> [PROBLEM TO SOLVE]
Please give again, exactly, every line of the material from the one containing "let (writers, workers)" to the end, including both of those lines.

--- INPUT FOR THIS TASK Enclosed Below ---

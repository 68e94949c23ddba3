//! The threads of a run.
ghost use Rattle.std.specs.Prelude.{◌≡◌, ◌^◌, ◌<◌, ◌≤◌, length, map, All, IfOk, IfErr, vec_len, vec_capacity, []};
ghost use Rattle.money.specs.declared.refusal.Refusal.TheVariants.{OutOfMemory};
ghost use Rattle.lane_logger.specs.Found.{IsFoundIn};
ghost use Rattle.run_threads.specs.History.{IsMadeBy};
ghost use Rattle.run_threads.specs.Inputs.{CameOfInputs, HaveRun};
ghost use Rattle.run_threads.specs.Tally.{IsCounted, inputs_in};

use crate::crew::{Crew, Desks, crew_of};
use crate::ending::settled;
use crate::outcome::Outcome;
use crate::pace::{Pace, Paced};
use crate::progress::RunProgress;
use crate::worker::{Station, TerminalThread};
use crate::writer::Writer;
use book::{Engine, Run};
use lane_logger::LoggedRun;
use log_disk::Disk;
use logger::Logger;
use money::Refusal;
use std::alloc::Global;
use std::sync::Wait;
use std::thread::{self, Threads};
use terminals::Gate;

/// Runs so many inputs at each terminal, each in a thread of its own, beside a thread for each logger (Silo, sections
/// 4.1 and 4.10). Where a thread can't be started, the calling thread does its work, terminals first. The first logger
/// has the clock, and advances E before each of its takes. A terminal goes on after any refusal; a logger tries a batch
/// again after want of memory, and stops for good when its device fails. After all inputs E is advanced once more, each
/// logger that hasn't stopped takes its last turn, and each terminal acknowledges what is durable. Stations are those
/// of terminals in order of their numbers; their decks are given back, behind these inputs. Logs are as the run names
/// them (`IsFoundIn`): by its type each logger's file is then a lane of its stream at every moment. May wait, for the
/// book's lock and at records' cells.
///
/// # Errors
///
/// `OutOfMemory`, before any input runs, and no other.
pub fn run<
    K: LoggedRun + Send + Sync,
    G: Gate + Send + Drop,
    D: Disk + Send + Drop,
    P: Pace + Send + Drop,
    R: Threads + Wait + Sync,
>(
    rt: &R,
    alloc: Global,
    engine: Engine<K>,
    desks: Desks<K>,
    logs: Vec<Paced<Logger<D>, P>>,
    stations: Vec<Station<G>>,
    inputs: u32,
) -> Result<Outcome<K, D>, Refusal>
    requires clock { desks.clock.board ≡ K.run.board }
    requires logs { All (λ log. IsFoundIn K.run.board K.found D.is_modelled D.seen D.story log.inner) logs.items }
    requires terminals { (desks.terminals.left ≡ K.parts) × (length stations.items ≡ K.parts) }
    requires few { K.parts < 2 ^ 16 }
    requires decks { All (λ station. station.deck.scale ≡ K.run.first.scale) stations.items }
    ensures history { IfOk result (λ outcome. IsMadeBy K.parts K.run.past K.run.first outcome.closed) }
    ensures commits { IfOk result (λ outcome. outcome.counts.commits ≡ length outcome.closed) }
    ensures counted { IfOk result (λ outcome. IsCounted K.parts inputs outcome.tallies.items outcome.counts) }
    ensures inputs { IfOk result (λ outcome. HaveRun K.run.past K.run.first inputs
        (map (λ station. station.deck) stations.items) outcome.tallies.items outcome.decks.items) }
    ensures memory { IfErr result (λ refusal. refusal ≡ OutOfMemory) }
{
    let crew = crew_of(alloc, &engine, desks, logs, stations)?;
    Ok(run_crew(rt, alloc, engine, crew, inputs))
}

/// All of them do their work, and the run ends.
fn run_crew<
    K: LoggedRun + Send + Sync,
    G: Gate + Send + Drop,
    D: Disk + Send + Drop,
    P: Pace + Send + Drop,
    R: Threads + Wait + Sync,
>(rt: &R, alloc: Global, engine: Engine<K>, crew: Crew<K, G, D, P>, inputs: u32) -> Outcome<K, D>
    requires count { length crew.workers.items ≡ K.parts }
    requires few { K.parts < 2 ^ 16 }
    requires idle { All (λ worker. inputs_in worker.tally ≡ 0) crew.workers.items }
    requires tallies { (crew.ends.tallies.items ≡ []) × (length crew.workers.items ≤ vec_capacity crew.ends.tallies) }
    requires shares { (crew.ends.shares.items ≡ []) × (length crew.workers.items ≤ vec_capacity crew.ends.shares) }
    requires decks { (crew.ends.decks.items ≡ []) × (length crew.workers.items ≤ vec_capacity crew.ends.decks) }
    requires turned { (crew.turns.turned.items ≡ []) × (length crew.writers.items ≤ vec_capacity crew.turns.turned) }
    requires files { (crew.turns.files.items ≡ []) × (length crew.writers.items ≤ vec_capacity crew.turns.files) }
    requires paces { (crew.turns.paces.items ≡ []) × (length crew.writers.items ≤ vec_capacity crew.turns.paces) }
    ensures history { IsMadeBy K.parts K.run.past K.run.first result.closed }
    ensures commits { result.counts.commits ≡ length result.closed }
    ensures counted { IsCounted K.parts inputs result.tallies.items result.counts }
    ensures inputs { HaveRun K.run.past K.run.first inputs
        (map (λ worker. worker.terminal.deck) crew.workers.items) result.tallies.items result.decks.items }
{
    let Crew {
        workers,
        writers,
        ends,
        turns,
    } = crew;
    let progress = RunProgress::new();
    let (workers, writers) = in_threads(rt, alloc, &engine, workers, writers, inputs, &progress);
    settled(rt, engine, workers, writers, ends, turns, &progress)
}

/// The terminals do their inputs, in threads of their own, while the loggers take turns in theirs.
fn in_threads<
    K: LoggedRun + Send + Sync,
    G: Gate + Send + Drop,
    D: Disk + Send + Drop,
    P: Pace + Send + Drop,
    R: Threads + Wait + Sync,
>(
    rt: &R,
    alloc: Global,
    engine: &Engine<K>,
    workers: Vec<TerminalThread<K, G>>,
    writers: Vec<Writer<K, D, P>>,
    inputs: u32,
    progress: &RunProgress,
) -> (Vec<TerminalThread<K, G>>, Vec<Writer<K, D, P>>)
    requires idle { All (λ worker. inputs_in worker.tally ≡ 0) workers.items }
    ensures workers { length result.0.items ≡ length workers.items }
    ensures all { All (λ worker. inputs_in worker.tally ≡ inputs) result.0.items }
    ensures came { HaveRun K.run.past K.run.first inputs (map (λ worker. worker.terminal.deck) workers.items)
        (map (λ worker. worker.tally) result.0.items) (map (λ worker. worker.terminal.deck) result.0.items) }
    ensures writers { length result.1.items ≡ length writers.items }
{
    let serve = move || -> Vec<Writer<K, D, P>>
        ensures { vec_len result ≡ vec_len writers }
    { serve_all(rt, engine, writers, progress) };
    let work = move || -> Vec<TerminalThread<K, G>>
        requires { All (λ worker. inputs_in worker.tally ≡ 0) workers.items }
        ensures { (vec_len result ≡ vec_len workers)
            × All (λ worker. inputs_in worker.tally ≡ inputs) result.items
            × HaveRun K.run.past K.run.first inputs (map (λ worker. worker.terminal.deck) workers.items)
            (map (λ worker. worker.tally) result.items) (map (λ worker. worker.terminal.deck) result.items) }
    { work_all(rt, alloc, engine, workers, inputs, progress) };
    // The first of the two gets a thread of its own, or runs last: terminals wait for no logger.
    let (writers, workers) = thread::join(rt, serve, work);
    (workers, writers)
}

/// The terminals do so many inputs each, in threads of their own; then all loggers are told that the run has ended.
fn work_all<K: Run + Send + Sync, G: Gate + Send + Drop, R: Threads + Wait + Sync>(
    rt: &R,
    alloc: Global,
    engine: &Engine<K>,
    workers: Vec<TerminalThread<K, G>>,
    inputs: u32,
    progress: &RunProgress,
) -> Vec<TerminalThread<K, G>>
    requires idle { All (λ worker. inputs_in worker.tally ≡ 0) workers.items }
    ensures count { vec_len result ≡ vec_len workers }
    ensures all { All (λ worker. inputs_in worker.tally ≡ inputs) result.items }
    ensures came { HaveRun K.run.past K.run.first inputs (map (λ worker. worker.terminal.deck) workers.items)
        (map (λ worker. worker.tally) result.items) (map (λ worker. worker.terminal.deck) result.items) }
{
    let mut workers = workers;
    let threads = workers.len().max(1);
    let work = |_: usize, worker: &mut TerminalThread<K, G>|
        requires { inputs_in worker.now.tally ≡ 0 }
        ensures { (inputs_in worker.exit.now.tally ≡ inputs) × CameOfInputs K.run.past K.run.first
            worker.entry.now.terminal.deck inputs worker.exit.now.tally worker.exit.now.terminal.deck }
    { worker.work(rt, alloc, engine, inputs, progress) };
    thread::for_each_mut(rt, workers.as_mut_slice(), threads, &work);
    progress.end();
    workers
}

/// The loggers take turns, in threads of their own, until the terminals have ended.
fn serve_all<
    K: LoggedRun + Send + Sync,
    D: Disk + Send + Drop,
    P: Pace + Send + Drop,
    R: Threads + Wait + Sync,
>(
    rt: &R,
    engine: &Engine<K>,
    writers: Vec<Writer<K, D, P>>,
    progress: &RunProgress,
) -> Vec<Writer<K, D, P>>
    ensures { vec_len result ≡ vec_len writers }
{
    let mut writers = writers;
    let threads = writers.len();
    if threads > 0 {
        let serve = |_: usize, writer: &mut Writer<K, D, P>| { writer.serve(rt, engine, progress) };
        thread::for_each_mut(rt, writers.as_mut_slice(), threads, &serve);
    }
    writers
}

--- End of Enclosed INPUT FOR THIS TASK ---

> [OUTPUT FOR THIS TASK]
    let (writers, workers) = thread::join(rt, serve, work);
    (workers, writers)
}

/// The terminals do so many inputs each, in threads of their own; then all loggers are told that the run has ended.
fn work_all<K: Run + Send + Sync, G: Gate + Send + Drop, R: Threads + Wait + Sync>(
    rt: &R,
    alloc: Global,
    engine: &Engine<K>,
    workers: Vec<TerminalThread<K, G>>,
    inputs: u32,
    progress: &RunProgress,
) -> Vec<TerminalThread<K, G>>
    requires idle { All (λ worker. inputs_in worker.tally ≡ 0) workers.items }
    ensures count { vec_len result ≡ vec_len workers }
    ensures all { All (λ worker. inputs_in worker.tally ≡ inputs) result.items }
    ensures came { HaveRun K.run.past K.run.first inputs (map (λ worker. worker.terminal.deck) workers.items)
        (map (λ worker. worker.tally) result.items) (map (λ worker. worker.terminal.deck) result.items) }
{
    let mut workers = workers;
    let threads = workers.len().max(1);
    let work = |_: usize, worker: &mut TerminalThread<K, G>|
        requires { inputs_in worker.now.tally ≡ 0 }
        ensures { (inputs_in worker.exit.now.tally ≡ inputs) × CameOfInputs K.run.past K.run.first
            worker.entry.now.terminal.deck inputs worker.exit.now.tally worker.exit.now.terminal.deck }
    { worker.work(rt, alloc, engine, inputs, progress) };
    thread::for_each_mut(rt, workers.as_mut_slice(), threads, &work);
    progress.end();
    workers
}

/// The loggers take turns, in threads of their own, until the terminals have ended.
fn serve_all<
    K: LoggedRun + Send + Sync,
    D: Disk + Send + Drop,
    P: Pace + Send + Drop,
    R: Threads + Wait + Sync,
>(
    rt: &R,
    engine: &Engine<K>,
    writers: Vec<Writer<K, D, P>>,
    progress: &RunProgress,
) -> Vec<Writer<K, D, P>>
    ensures { vec_len result ≡ vec_len writers }
{
    let mut writers = writers;
    let threads = writers.len();
    if threads > 0 {
        let serve = |_: usize, writer: &mut Writer<K, D, P>| { writer.serve(rt, engine, progress) };
        thread::for_each_mut(rt, writers.as_mut_slice(), threads, &serve);
    }
    writers
}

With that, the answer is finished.